SAT, 14 MAY, 2022-theGBJournal | Nigeria’s FX reserves dipped by $234.81 million w/w to USD39.07 billion (11 May 2022).
Across the FX windows, the naira depreciated by 0.5% and 1.7% to NGN419.00/USD and NGN599.00/USD, at the I&E window and parallel market, respectively. At the IEW, total turnover (as of 12 May 2022) increased by 60.2% WTD to USD575.81 million, with trades consummated within the NGN410.84 – NGN453.25/USD band.
In the Forwards market, the naira was flat at the 1-month (NGN418.27/USD) and 3-months (NGN424.04/USD) contracts, but depreciated at the 6-months (-0.4% to NGN434.65/USD) and 1-year (-0.6% to NGN452.03USD) contracts.
In our view, the CBN has enough supply to support the FX market over the short term, given inflows from the recently issued Eurobond and the IMF’s SDR. However, foreign inflows are paramount for sustained FX liquidity over the medium term, given our expectation that accretion to the reserves will be undermined by the nation’s low crude oil production levels.

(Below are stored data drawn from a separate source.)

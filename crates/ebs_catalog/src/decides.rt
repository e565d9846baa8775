// What rows decide of a request.
ghost use Rattle.std.specs.Prelude.{◌≡◌, ◌<◌, ◌≤◌, ◌^◌, ◌∷◌, [], ◌⊎◌, IfOk};
ghost use Rattle.std.specs.FinMap as map;
ghost use Rattle.std.specs.declared.result.Result.TheVariants.{Ok};
ghost use Rattle.ebs_model.specs.declared.answer.Answer.TheVariants as answer;
ghost use Rattle.ebs_model.specs.declared.change.Decision.TheVariants as decision;
ghost use Rattle.ebs_model.specs.Time.{rested_row};
ghost use Rattle.ebs_model.specs.Decisions.{alters, makes};
ghost use Rattle.ebs_model.specs.Calls.List.{is_same_line};
ghost use Rattle.ebs_model.specs.inner.Follows.{Agrees};
ghost use Rattle.ebs_model.specs.Calls.Start as starts;
ghost use Rattle.ebs_catalog.specs.Held.{whole};
ghost use Rattle.ebs_catalog.specs.Wants.{OnMemory};

use crate::catalog::Catalog;
use crate::copies::{copy_text, start_request};
use crate::rows::KeptRow;
use ebs_model::{
    Account, Accounts, Answer, AnyKey, Bytes, Change, Decision, Failure, Ids, KeyNumber, Kind,
    Line, MOST_IDS, MOST_KEPT, MOST_OPEN, MOST_TOKENS, Moment, QuotaName, ReadRow, Refusal,
    Request, RowStatus, SnapKey, Tags, Text, blocks_of, check_base, check_open, check_ready,
    copy_tags, status_at,
};
use std::alloc::{AllocError, Global};

impl Catalog {
    ghost use Rattle.std.specs.Prelude.{◌&&◌, nat_le};
    ghost use Rattle.ebs_model.specs.declared.answer.Refusal.TheVariants as refusal;
    ghost use Rattle.ebs_model.specs.declared.answer.QuotaName.TheVariants as quota_name;
    ghost use Rattle.ebs_model.specs.Quotas.{most_tokens};
    ghost use Rattle.ebs_model.specs.Refuse.{refuse_if};
    ghost use Rattle.ebs_model.specs.inner.Rows.{aged};
    ghost use Rattle.ebs_model.specs.Rows.{token_count};
    ghost use Rattle.ebs_model.specs.Decide.{decide};
    ghost use Rattle.ebs_model.specs.Calls.Start.{fresh_start, least_size, has_token};
    ghost use Rattle.ebs_model.specs.Calls.Put.{decide_put};
    ghost use Rattle.ebs_model.specs.Calls.Complete.{decide_complete};
    ghost use Rattle.ebs_model.specs.Calls.List.{decide_list, decide_compare};
    ghost use Rattle.ebs_model.specs.Calls.Get.{decide_get};
    ghost use Rattle.ebs_catalog.specs.Held.{rows_in};
    ghost use Rattle.ebs_catalog.specs.Decided.{IsRowCall, IsLaterCall};
    ghost use Rattle.ebs_catalog.specs.Starts.{next_upload};
    ghost use Rattle.ebs_catalog.specs.Wants.{OnMemory, MayWant, IsSettled, NamesMember};

    /// What the rows decide of the request at the moment. The request has passed the tests on itself. A put's bytes
    /// aren't looked at, and its change has none.
    pub fn decide(
        &self,
        account: Account,
        at: Moment,
        request: &Request,
    ) -> Result<Decision, Failure>
        requires later { self.now.latest ≤ at.second }
        requires moment { at.second ≤ 2 ^ 36 }
        ensures decided { Agrees result (decide (aged at.second (rows_in self.now)) at account request.now) }
        ensures memory { OnMemory result (MayWant request.now (decide (aged at.second (rows_in self.now)) at account request.now)) }
    {
        match request {
            Request::StartSnapshot {
                size,
                parent,
                description,
                tags,
                client_token,
                timeout,
            } => self.decide_start(
                account,
                at,
                *size,
                parent,
                description,
                tags,
                client_token,
                *timeout,
            ),
            Request::PutSnapshotBlock {
                key,
                index,
                digest,
                ..
            } => lifted(self.decide_put(account, at, key, *index, digest)),
            Request::CompleteSnapshot {
                key,
                count,
                checksum,
            } => self.decide_complete(account, at, key, *count, checksum),
            Request::ListSnapshotBlocks { key, .. } => lifted(self.decide_read(account, at, key)),
            Request::ListChangedBlocks { first, second, .. } => {
                lifted(self.decide_compare(account, at, first, second))
            }
            Request::GetSnapshotBlock { key, .. } => lifted(self.decide_read(account, at, key)),
            _ => self.decide_row_call(account, at, request),
        }
    }

    /// What they decide of a call on rows of snapshots, on the Recycle Bin, on volumes or on policies.
    fn decide_row_call(
        &self,
        account: Account,
        at: Moment,
        request: &Request,
    ) -> Result<Decision, Failure>
        requires moment { at.second ≤ 2 ^ 36 }
        requires call { IsRowCall request.now }
        ensures decided { Agrees result (decide (aged at.second (rows_in self.now)) at account request.now) }
        ensures memory { OnMemory result (MayWant request.now (decide (aged at.second (rows_in self.now)) at account request.now)) }
    {
        match request {
            Request::DescribeSnapshot { key } => self.decide_describe(account, at, key),
            Request::DescribeSnapshots { from, max } => {
                self.decide_rows(false, account, at, *from, *max)
            }
            Request::DeleteSnapshot { key } => self.decide_delete(account, at, key),
            Request::ModifyPermission {
                key,
                add,
                add_all,
                remove,
                remove_all,
            } => self.decide_permission(account, at, key, add, *add_all, remove, *remove_all),
            Request::LockSnapshot {
                key,
                mode,
                term,
                cool_hours,
            } => self.lock(account, at, key, *mode, *term, *cool_hours),
            Request::UnlockSnapshot { key } => self.unlock(account, at, key),
            Request::ArchiveSnapshot { key } => self.decide_archive(account, at, key),
            Request::RestoreTier { key, days } => self.decide_restore(account, at, key, *days),
            _ => self.decide_bin_call(account, at, request),
        }
    }

    /// What they decide of a call on the Recycle Bin, on volumes or on policies.
    fn decide_bin_call(
        &self,
        account: Account,
        at: Moment,
        request: &Request,
    ) -> Result<Decision, Failure>
        requires moment { at.second ≤ 2 ^ 36 }
        requires call { IsLaterCall request.now }
        ensures decided { Agrees result (decide (aged at.second (rows_in self.now)) at account request.now) }
        ensures memory { OnMemory result (MayWant request.now (decide (aged at.second (rows_in self.now)) at account request.now)) }
    {
        match request {
            Request::ListBin { from, max } => self.decide_rows(true, account, at, *from, *max),
            Request::RestoreFromBin { key } => self.decide_recover(account, at, key),
            Request::GetRule { key } => self.decide_get_rule(account, at, key),
            Request::ListRules => self.decide_list_rules(account, at),
            Request::CreateRule { .. } => self.decide_command(account, at, request),
            Request::UpdateRule { .. } => self.decide_command(account, at, request),
            Request::DeleteRule { .. } => self.decide_command(account, at, request),
            Request::LockRule { .. } => self.decide_command(account, at, request),
            Request::UnlockRule { .. } => self.decide_command(account, at, request),
            Request::CreatePolicy { .. } => self.decide_policy_call(account, at, request),
            Request::GetPolicy { .. } => self.decide_policy_call(account, at, request),
            Request::DeletePolicy { .. } => self.decide_policy_call(account, at, request),
            Request::RunPolicy { .. } => self.decide_policy_call(account, at, request),
            _ => self.decide_volume_call(account, at, request),
        }
    }

    /// The least size in GiB of what begins from a snapshot.
    pub(crate) fn least_size(
        &self,
        account: Account,
        at: Moment,
        parent: &Option<SnapKey>,
    ) -> Result<u32, Refusal>
        ensures { result ≡ least_size (aged at.second (rows_in self.now)) account at.second parent.now }
    {
        let Some(parent) = parent else {
            return Ok(0);
        };
        let Some(kept) = self.row_at(parent, at) else {
            return Err(Refusal::NotFound(Kind::Snapshot));
        };
        check_base(&kept.row, account, parent, at)?;
        Ok(kept.row.size)
    }

    /// The key of the upload, where the account may start it.
    fn next_upload(
        &self,
        account: Account,
        at: Moment,
        size: u64,
        parent: &Option<SnapKey>,
        token: &Option<Text>,
    ) -> Result<SnapKey, Refusal>
        requires { self.now.latest ≤ at.second }
        ensures { result ≡ next_upload (aged at.second (rows_in self.now)) at account size parent.now token.now }
    {
        let number = self.own_of(account).next_snap;
        let least = self.least_size(account, at, parent)?;
        if size < u64::from(least) {
            return Err(Refusal::BadSize);
        }
        if self.count_open(account, at) >= MOST_OPEN {
            return Err(Refusal::OpenUploads);
        }
        if self.is_full(account, at) {
            return Err(quota(QuotaName::Snapshots, MOST_KEPT));
        }
        self.check_tokens(account, token)?;
        if number >= MOST_IDS {
            return Err(quota(QuotaName::Ids, u64::from(MOST_IDS)));
        }
        Ok(SnapKey {
            account,
            number: KeyNumber::new(number),
        })
    }

    /// Whether the account may use one more client token, where there is one.
    pub(crate) fn check_tokens(&self, account: Account, token: &Option<Text>) -> Result<(), Refusal>
        ensures { result ≡ refuse_if (has_token token.now && nat_le most_tokens (token_count (rows_in self.now) account)) (refusal.Quota quota_name.ClientTokens most_tokens) }
    {
        if has_token(token) && self.tokens_of(account) >= MOST_TOKENS {
            return Err(quota(QuotaName::ClientTokens, MOST_TOKENS));
        }
        Ok(())
    }

    /// Whether a start that repeats no other is accepted.
    pub(crate) fn fresh_start(
        &self,
        account: Account,
        at: Moment,
        size: u64,
        parent: &Option<SnapKey>,
        description: &Option<Text>,
        tags: &Tags,
        token: &Option<Text>,
        timeout: u32,
    ) -> Result<Decision, Failure>
        requires { self.now.latest ≤ at.second }
        ensures decided { Agrees result (fresh_start (aged at.second (rows_in self.now)) at account size parent.now description.now tags.now token.now timeout) }
        ensures memory { OnMemory result (IsSettled (fresh_start (aged at.second (rows_in self.now)) at account size parent.now description.now tags.now token.now timeout)) }
    {
        match self.next_upload(account, at, size, parent, token) {
            Ok(key) => {
                let alloc = self.alloc();
                let made = one_id(alloc, AnyKey::Snap(key))?;
                let answer = started(alloc, account, at, &key, size, parent, description, tags)?;
                match start_request(alloc, size, parent, description, tags, token, timeout) {
                    Ok(request) => {
                        let change = self.change(account, at, request, made);
                        Ok(Decision::Change(change, answer))
                    }
                    Err(_) => {
                        drop(answer);
                        Err(Failure::Memory)
                    }
                }
            }
            Err(refusal) => Err(Failure::Refused(refusal)),
        }
    }

    /// A change that ends nothing.
    pub(crate) fn change(&self, account: Account, at: Moment, request: Request, made: Ids) -> Change
        ensures { result ≡ makes account at request made }
    {
        let alloc = self.alloc();
        Change {
            account,
            at,
            request,
            made,
            sources: Ids::new(alloc),
            ended: Ids::new(alloc),
            released: Ids::new(alloc),
            shared: Accounts::new(alloc),
        }
    }

    /// Whether the put is accepted.
    fn decide_put(
        &self,
        account: Account,
        at: Moment,
        key: &SnapKey,
        index: u64,
        digest: &[u8; 32],
    ) -> Result<Decision, Refusal>
        ensures { result ≡ decide_put (aged at.second (rows_in self.now)) at account key.now index digest.now }
    {
        let Some(kept) = self.row_at(key, at) else {
            return Err(Refusal::NotFound(Kind::Snapshot));
        };
        check_open(&kept.row, account, key, at)?;
        if index >= blocks_of(kept.row.size) {
            return Err(Refusal::BadIndex);
        }
        let alloc = self.alloc();
        let request = Request::PutSnapshotBlock {
            key: *key,
            index,
            digest: *digest,
            bytes: Bytes::new(alloc),
        };
        let change = self.change(account, at, request, Ids::new(alloc));
        Ok(Decision::Change(change, Answer::BlockWritten { digest: *digest }))
    }

    /// Whether the upload is completed.
    fn decide_complete(
        &self,
        account: Account,
        at: Moment,
        key: &SnapKey,
        count: u64,
        checksum: &Option<[u8; 32]>,
    ) -> Result<Decision, Failure>
        ensures decided { Agrees result (decide_complete (aged at.second (rows_in self.now)) at account key.now count checksum.now) }
        ensures memory { OnMemory result (NamesMember (decide_complete (aged at.second (rows_in self.now)) at account key.now count checksum.now)) }
    {
        let Some(kept) = self.row_at(key, at) else {
            return Err(Failure::Refused(Refusal::NotFound(Kind::Snapshot)));
        };
        if let Err(refusal) = check_open(&kept.row, account, key, at) {
            return Err(Failure::Refused(refusal));
        }
        if put_count(kept, at) as u64 != count {
            return Err(bad_parameter(self.alloc(), "x-amz-ChangedBlocksCount"));
        }
        let request = Request::CompleteSnapshot {
            key: *key,
            count,
            checksum: *checksum,
        };
        let change = self.change(account, at, request, Ids::new(self.alloc()));
        Ok(Decision::Change(change, Answer::Completed))
    }

    /// Whether the snapshot's blocks may be read.
    fn decide_read(&self, account: Account, at: Moment, key: &SnapKey) -> Result<Decision, Refusal>
        ensures { result ≡ decide_get (aged at.second (rows_in self.now)) at account key.now }
    {
        let Some(kept) = self.row_at(key, at) else {
            return Err(Refusal::NotFound(Kind::Snapshot));
        };
        check_ready(&kept.row, account, key, at)?;
        Ok(Decision::Read(ReadRow {
            size: kept.row.size,
            related: true,
        }))
    }

    /// Whether the two snapshots' blocks may be read.
    fn decide_compare(
        &self,
        account: Account,
        at: Moment,
        first: &SnapKey,
        second: &SnapKey,
    ) -> Result<Decision, Refusal>
        ensures { result ≡ decide_compare (aged at.second (rows_in self.now)) at account first.now second.now }
    {
        let Some(one) = self.row_at(first, at) else {
            return Err(Refusal::NotFound(Kind::Snapshot));
        };
        check_ready(&one.row, account, first, at)?;
        let Some(other) = self.row_at(second, at) else {
            return Err(Refusal::NotFound(Kind::Snapshot));
        };
        check_ready(&other.row, account, second, at)?;
        Ok(Decision::Read(ReadRow {
            size: other.row.size,
            related: are_one_line(&one.row.line, &other.row.line),
        }))
    }
}
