// The laws of tokens.
ghost use Rattle.std.specs.Prelude.{◌≡◌, ◌≢◌, ◌↔◌, ◌<◌, ◌^◌, ℕ, Bool, List, length, true, false, Some};
ghost use Rattle.ebs_model.specs.Tokens.{block_text, page_text, is_block_token, page_start};
ghost use Rattle.ebs_model.specs.declared.keys.SnapKey.{SnapKey};
ghost use Rattle.ebs_tokens.specs.Fields.{IsBlockField, IsPageField, text_of_block, text_of_page};
ghost use Rattle.ebs_tokens.specs.declared.block.BlockField.{BlockField};
ghost use Rattle.ebs_tokens.specs.declared.page.PageField.{PageField};

/// A block token has 114 digits, is good exactly where it is the text of its block for some later
/// expiry, and names one block alone, whatever the secrets.
pub fn block_tokens()
    ensures digits { (secret : List ℕ) (key : SnapKey) (index expiry : ℕ) → length (block_text secret key index expiry) ≡ 114 }
    ensures good { (secret : List ℕ) (key : SnapKey) (index now : ℕ) (text : List ℕ)
        → (is_block_token secret key index now text ≡ true)
        ↔ ((index < 2 ^ 32) × ((expiry : ℕ) × (now < expiry) × (expiry < 2 ^ 64) × (text ≡ block_text secret key index expiry))) }
    ensures one { (secret other : List ℕ) (field unlike : BlockField) → IsBlockField field → IsBlockField unlike
        → text_of_block secret field ≡ text_of_block other unlike → field ≡ unlike }
{}

/// A page token has 138 digits, begins a page at an index exactly where it is the text of that index
/// for some later expiry, and names one page alone, whatever the secrets.
pub fn page_tokens()
    ensures digits { (secret : List ℕ) (changed : Bool) (first second : SnapKey) (index expiry : ℕ)
        → length (page_text secret changed first second index expiry) ≡ 138 }
    ensures good { (secret : List ℕ) (changed : Bool) (first second : SnapKey) (now index : ℕ) (text : List ℕ)
        → (page_start secret changed first second now text ≡ Some index)
        ↔ ((index < 2 ^ 32) × ((expiry : ℕ) × (now < expiry) × (expiry < 2 ^ 64) × (text ≡ page_text secret changed first second index expiry))) }
    ensures one { (secret other : List ℕ) (field unlike : PageField) → IsPageField field → IsPageField unlike
        → text_of_page secret field ≡ text_of_page other unlike → field ≡ unlike }
{}

/// No text is a token of a block and of a page, or of pages of two kinds of list.
pub fn kinds_apart()
    ensures block { (secret other : List ℕ) (key first second : SnapKey) (index expiry from end : ℕ) (changed : Bool)
        → block_text secret key index expiry ≢ page_text other changed first second from end }
    ensures list { (secret other : List ℕ) (first second third fourth : SnapKey) (index expiry from end : ℕ)
        → page_text secret true first second index expiry ≢ page_text other false third fourth from end }
{}
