//! The tokens of blocks and of pages: their texts, their readers, and when one is good.
#![tactic(auto)]

mod block;
mod frame;
mod laws;
mod page;
mod seal;
mod stated;

pub use block::{BlockField, block_token, is_block_token, read_block_token};
pub use laws::{block_tokens, kinds_apart, page_tokens};
pub use page::{PageField, page_start, page_token, read_page_token};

Thus, FPIs which have historically supported supply levels in the IEW (53.8% of FX inflows to the IEW in 2019FY) will be needed to sustain FX liquidity levels. Hence, we think further adjustments in the NGN/USD peg closer to its fair value and flexibility in the exchange rate would be significant in attracting foreign inflows back to the market.